Adddind a 5'' rvk extractor for active intake is simplier ( and cheaper ) for me . cant i decrease temperature by adding a 5'' rvk extractor as active intake ?

What is the benefit of active intake extractor ?

PS : if i add extractor for active intake,the air would come from the room where homebox in .i cant bring air from outside of room where homebox in via active intake . 


which is better ?


----------



## BuddyLuv (Apr 1, 2009)

charlesweedmore said:
			
		

> i can add a 5 '' extractor for cooltube (new airflow would be like this : air flow1 : outside of tent > cooltube > extractor>outside of tent,airflow2 : carbon filter> extractor > outside of tent


 
This is your solution. If it were me I would have an intake fan to match the cfm's of what you pull after the filter. For example. I have a 737 cfm fan pulling through a 40"x18" carbon scrubber. With that filter and fan I am only pulling 620 cfm's due to the filter. So my intake filter is rated at 590 cfm's (best match I could find). I cool my hoods with seperate fans.


----------



## charlesweedmore (Apr 2, 2009)

so do you have 3 seperate fans ?

1 fan to pull air from tent 
1 fan for cooltube
1 fan for active intake  
 ?

arent 3 fans overkill ? they must be very noisy .in addition,why dont you use only passive intake ?

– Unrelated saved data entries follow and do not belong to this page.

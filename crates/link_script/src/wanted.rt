//! Whom a scripted peer waits for.

use link_trait::Addr;

/// Which peers a connection may meet.
#[derive(Clone, Copy, Debug, PartialEq, Eq)]
pub enum Wanted {
    /// A server at this address.
    ServerAt(Addr),
    /// A client of this port of the chip.
    ClientOf(u16),
    /// A datagram peer of this port of the chip.
    UdpOf(u16),
}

arent you fine with only 2 fan ? ( one fan for cooltube and one fan for exhaust )


----------



## HippyInEngland (Apr 2, 2009)

Hello Charles 

Moving air in and out isnt really going to solve your heat issue, if warm/hot air is going in your your tent, taking the warm/hot air out is simply moving warm/hot air.

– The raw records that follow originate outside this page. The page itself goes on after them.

//! Judging a whole stream, one entry at a time.
ghost use Rattle.std.specs.Prelude.{◌≡◌, ◌≤◌, Ok, Err, length, if◌then◌else◌};
ghost use Rattle.bit_stream.specs.declared.bits.fault.BitFaultKind.TheVariants.{BadMagic};
ghost use Rattle.bit_stream.specs.Reader.{begins};
ghost use Rattle.bit_stream.specs.declared.reader.TheConstants.{LARGEST_STREAM};
ghost use Rattle.bit_tree.specs.Stream.{is_end, opening};
ghost use Rattle.bit_tree.specs.Read.{Judged};

use crate::walk::item::pass_next;
use crate::walk::scope::WalkScope;
use crate::walk::starts::Kept;
use bit_stream::bits::{BitCursor, BitFault};
use bit_stream::{BitReader, Entry, StreamFault};
use std::alloc::Global;

/// Whether the bytes are the stream of a tree, or the first field of it that is refused. It holds a few bytes for each
/// abbreviation, and no operands.
pub fn judge(alloc: Global, bytes: &[u8]) -> Result<(), StreamFault>
    requires { length bytes.now ≤ LARGEST_STREAM }
    ensures { Judged bytes.now result }
{
    let mut cursor = opening(alloc, bytes)?;
    let mut scope = WalkScope::new(alloc, bytes);
    let mut kept = Kept::nothing(alloc);
    'judging: loop {
        let item = pass_next(&mut cursor, &mut scope, &mut kept, alloc)?;
        if is_end(item.entry) {
            return Ok(());
        }
    }
}

/// The place behind the bytes 42 43 C0 DE, which a stream begins with.
fn opening<'b>(alloc: Global, bytes: &'b [u8]) -> Result<BitCursor<'b>, BitFault>
    requires { length bytes.now ≤ LARGEST_STREAM }
    ensures { result ≡ (if begins bytes.now then Ok (opening bytes.now) else Err (record { kind = BadMagic; bit = 0 })) }
{
    BitReader::new(alloc, bytes)?;
    Ok(BitCursor::at_bit(bytes, 32))
}

/// Whether it is the end of the stream.
fn is_end(entry: Option<Entry>) -> bool
    ensures { result ≡ is_end entry }
{
    match entry {
        Some(Entry::End) => true,
        Some(Entry::Block(_) | Entry::EndBlock | Entry::Record(_)) | None => false,
    }
}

You need cooler air going in your tent, so you need to cool the intake air, the only way I can see around the problem is to get an an air conditioner/cooler in your room to cool the air down.

eace:


----------



## charlesweedmore (Apr 2, 2009)

Hi HippyInEngland 

temp in homebox is always 5- 6 C hotter than room ..

is it  normal ? can i do something to decrease this difference ?


----------



## BuddyLuv (Apr 2, 2009)

You will always be hooter in the tent. But if you are cooling the bulb with hot air from in the tent then you are defeating the purpoase.


----------



## charlesweedmore (Apr 2, 2009)

thanks
the cheapest way to buy an A/C. i found an used portable ac unit for 100&#8364;
it is like this :
http://www.compactappliance.com/900...motion=Nextag>Overstock>PAC901WREM&src=NEXTAG

but,

 A/C will blow very cold air to plants ,is it good ?

( i am newbie and it is my first grow )


----------



## yumyumbubblegum (Apr 2, 2009)

*I rigged something on my A/C unit with 6" aluminum ducting and blew it in the bottom intake on my XL. putting that big arse unit in the tent took up valuable floor space (like 2 plants worth) 

27 c is around 80 f right?  is that during the heat of the day with your light on? I would not sweat that that much, imo. 

Summer time for me I shut down completely now, as the weather up here stays in the 100 + sometimes 115 - 120 f, try cooling your tent with that :hubba: + lets not even talk about running a portable A/C, 1000w light, fans and the house A/C  my electric bill was kinda crazy - the reasons I shut down in summer and just keep my moms going in the house, I wish I had cooler temps like you*


----------



## charlesweedmore (Apr 2, 2009)

guys,
i turn on lights at daytime and turnoff at night.of course temp  in daytime  is hotter   than nights..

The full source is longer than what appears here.